Steady state direct current plasma immersion ion implantation (PIII) using a grounded conducting grid

A novel process to implant ions with a grounded conducting grid on top of the wafer stage is described. The implantation is performed in low gas pressure steady stale DC mode. The ion paths are numerical simulated by the particle-in-cell (PIC) method. It is observed that the ion paths are optimized for certain implant geometry. In this configuration, the directional angle of the acceleration vector does not depend on the mass and charge state of the ions and the ratio of the partial differentials of the scalar potential φ along the radial and longitudinal direction remains constant for different applied voltage.

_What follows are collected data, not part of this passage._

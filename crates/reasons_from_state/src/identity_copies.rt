//! Identities that a reason names.
ghost use Rattle.std.specs.Prelude.{◌≡◌, IfOk};

use reasons_before_state::owned_identity;
use std::alloc::{AllocError, Global};
use transaction::{Identity, OwnedIdentity};
use values::Items;

pub(crate) fn copied(
    alloc: Global,
    identities: &[Identity<'_>],
) -> Result<Items<OwnedIdentity>, AllocError>
    ensures { IfOk result (λ copied. copied ≡ identities.now) }
{
    let mut copied = Vec::with_capacity(alloc, identities.len())?;
    for identity in identities {
        copied.push(owned_identity(alloc, identity)?)?;
    }
    Ok(Items::from_vec(copied))
}
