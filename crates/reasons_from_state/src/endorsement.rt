//! Why signers may not write what a transaction writes.
ghost use Rattle.std.specs.Prelude.{◌≡◌, ◌≤◌, None, Some, IfOk, IfSome, MatchOption, true, false, not, find, length};
ghost use Rattle.rules.specs.Fold.{running};
ghost use Rattle.rules.specs.Endorsement as rule;
ghost use Rattle.reasons.specs.declared.endorsement_fault.EndorsementFault as fault_of;
ghost use Rattle.reasons.specs.declared.endorsement_fault.EndorsementFault.TheVariants.{Touched, Unsatisfied};
ghost use Rattle.reasons.specs.First.{first_below};
ghost use Rattle.reasons.specs.Shortfall.{shortfall_of};
ghost use Rattle.reasons.specs.Endorsement.{touches, first_barred, IsEndorsementFault};
ghost use Rattle.key_chains.specs.Shown.{Shows};

use crate::place::Place;
use crate::shortfalls::shortfall;
use crate::touchers::first_toucher;
use endorsement_check::{governing, meets, own_policy};
use key_chains::{OpenTx, PlainBoard, StateKey};
use policy::Policy;
use policy_eval::Signers;
use reasons::{EndorsementFault, PolicyOwner, touched_keys_have_a_toucher};
use reasons_before_state::written_keys;
use std::alloc::{AllocError, Global};

/// A key that signers may not write, and who touched it first.
#[derive(Drop)]
struct BarredKey<'a> {
    key: StateKey<'a>,
    toucher: Option<u32>,
}

/// A key, if the signers may not write it at this place.
fn barred<'a>(
    at: &Place<'_>,
    signers: &Signers<'_>,
    key: &StateKey<'a>,
    board: &PlainBoard,
) -> Option<BarredKey<'a>>
    requires place { at.now.i ≤ length at.now.job.now.candidates }
    requires shown { Shows at.now.job.now board.now }
    ensures { MatchOption result (rule.may_write at.now.job.now.definitions at.now.job.now.state (running at.now.job.now at.now.i).touched signers.now key.now ≡ true) (λ b.
        (rule.may_write at.now.job.now.definitions at.now.job.now.state (running at.now.job.now at.now.i).touched signers.now key.now ≡ false)
        × (b.key ≡ key.now) × (b.toucher ≡ first_below (touches at.now.job.now key.now) at.now.i)) }
{
    touched_keys_have_a_toucher();
    let toucher = first_toucher(at.job, at.i, key, board);
    if toucher.is_none() && meets(signers, governing(at.job, key)) {
        return None;
    }
    Some(BarredKey {
        key: key.reborrow(),
        toucher,
    })
}

/// The first of these keys that the signers may not write.
fn first_barred<'a>(
    at: &Place<'_>,
    signers: &Signers<'_>,
    keys: &[StateKey<'a>],
    board: &PlainBoard,
) -> Option<BarredKey<'a>>
    requires place { at.now.i ≤ length at.now.job.now.candidates }
    requires shown { Shows at.now.job.now board.now }
    ensures { MatchOption result (find (λ k. not (rule.may_write at.now.job.now.definitions at.now.job.now.state (running at.now.job.now at.now.i).touched signers.now k)) keys.now ≡ None) (λ b.
        (find (λ k. not (rule.may_write at.now.job.now.definitions at.now.job.now.state (running at.now.job.now at.now.i).touched signers.now k)) keys.now ≡ Some b.key)
        × (b.toucher ≡ first_below (touches at.now.job.now b.key) at.now.i)) }
{
    for key in keys {
        if let Some(found) = barred(at, signers, key, board) {
            return Some(found);
        }
    }
    None
}

/// A key that may not be written since its policy was written at an earlier place of the block.
fn touched(
    alloc: Global,
    key: &StateKey<'_>,
    place: u32,
) -> Result<Option<EndorsementFault>, AllocError>
    ensures { IfOk result (λ fault. fault ≡ Some (Touched key.now.0 key.now.1 place)) }
{
    Ok(Some(EndorsementFault::Touched {
        namespace: key.namespace().copy(alloc)?,
        key: key.key().copy(alloc)?,
        place,
    }))
}

/// A key whose policy the signers don't satisfy.
fn unsatisfied(
    alloc: Global,
    key: &StateKey<'_>,
    owner: PolicyOwner,
    policy: &Policy,
    open_tx: &OpenTx<'_>,
) -> Result<Option<EndorsementFault>, AllocError>
    ensures { IfOk result (λ fault. fault ≡ Some (Unsatisfied key.now.0 key.now.1 owner (shortfall_of open_tx.now.tx.endorsements open_tx.now.signers policy.now))) }
{
    let endorsements = open_tx.tx.endorsements.as_slice();
    Ok(Some(EndorsementFault::Unsatisfied {
        namespace: key.namespace().copy(alloc)?,
        key: key.key().copy(alloc)?,
        owner,
        shortfall: shortfall(alloc, policy, endorsements, &open_tx.signers)?,
    }))
}

/// Why the signers of an open transaction may not write a key, the first that they may not.
fn key_fault(
    alloc: Global,
    at: &Place<'_>,
    open_tx: &OpenTx<'_>,
    barred: &BarredKey<'_>,
) -> Result<Option<EndorsementFault>, AllocError>
    requires toucher { barred.now.toucher ≡ first_below (touches at.now.job.now barred.now.key) at.now.i }
    requires first { first_barred at.now.job.now at.now.i open_tx.now.tx open_tx.now.signers ≡ Some barred.now.key }
    ensures found { IfOk result (λ x. IfSome x (λ f. IsEndorsementFault at.now.job.now at.now.i open_tx.now.tx open_tx.now.signers f)) }
    ensures none { IfOk result (λ x. x ≡ None → (f : fault_of.EndorsementFault) → IsEndorsementFault at.now.job.now at.now.i open_tx.now.tx open_tx.now.signers f → ⊥) }
{
    let key = &barred.key;
    if let Some(place) = barred.toucher {
        return touched(alloc, key, place);
    }
    if let Some(policy) = own_policy(at.job, key) {
        return unsatisfied(alloc, key, PolicyOwner::OfKey, policy, open_tx);
    }
    match at.job.definition(&key.namespace()) {
        None => Ok(None),
        Some(policy) => unsatisfied(alloc, key, PolicyOwner::OfChaincode, policy, open_tx),
    }
}

/// Why the signers of an open transaction may not write what it writes where they may write each key.
fn chaincode_fault(
    alloc: Global,
    at: &Place<'_>,
    open_tx: &OpenTx<'_>,
) -> Result<Option<EndorsementFault>, AllocError>
    requires { first_barred at.now.job.now at.now.i open_tx.now.tx open_tx.now.signers ≡ None }
    ensures found { IfOk result (λ x. IfSome x (λ f. IsEndorsementFault at.now.job.now at.now.i open_tx.now.tx open_tx.now.signers f)) }
    ensures none { IfOk result (λ x. x ≡ None → (f : fault_of.EndorsementFault) → IsEndorsementFault at.now.job.now at.now.i open_tx.now.tx open_tx.now.signers f → ⊥) }
{
    let tx = &open_tx.tx;
    match at.job.definition(&tx.chaincode) {
        None => Ok(None),
        Some(policy) => Ok(Some(EndorsementFault::ChaincodeUnsatisfied {
            chaincode: tx.chaincode.copy(alloc)?,
            shortfall: shortfall(alloc, policy, tx.endorsements.as_slice(), &open_tx.signers)?,
        })),
    }
}

/// Why the signers of an open transaction may not write what it writes at this place.
pub(crate) fn endorsement_fault(
    alloc: Global,
    at: &Place<'_>,
    open_tx: &OpenTx<'_>,
    board: &PlainBoard,
) -> Result<Option<EndorsementFault>, AllocError>
    requires place { at.now.i ≤ length at.now.job.now.candidates }
    requires shown { Shows at.now.job.now board.now }
    ensures found { IfOk result (λ x. IfSome x (λ f. IsEndorsementFault at.now.job.now at.now.i open_tx.now.tx open_tx.now.signers f)) }
    ensures none { IfOk result (λ x. x ≡ None → (f : fault_of.EndorsementFault) → IsEndorsementFault at.now.job.now at.now.i open_tx.now.tx open_tx.now.signers f → ⊥) }
{
    let keys = written_keys(alloc, &open_tx.tx)?;
    match first_barred(at, &open_tx.signers, keys.as_slice(), board) {
        Some(barred) => key_fault(alloc, at, open_tx, &barred),
        None => chaincode_fault(alloc, at, open_tx),
    }
}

The retained dose and impact energy uniformity on the wafer is totally determined by the ratio of the radius of wafer stage r, the radius of chamber R, the distance between the wafer stage and the grid H, and the thickness of the wafer stage D. Our results suggest that the best ratio of r:R:H:D be 1:4:2.5:2, i.e., a disk shape chamber. In addition to retaining the large area and parallel processing advantages of plasma immersion ion implantation (PIII), the technique allows the implantation energy to be extended far beyond the limit of PIII as the technique obviates the use of the power modulator which not only limits the implantation energy but also is the most expensive and technologically complex hardware component in a PIII system.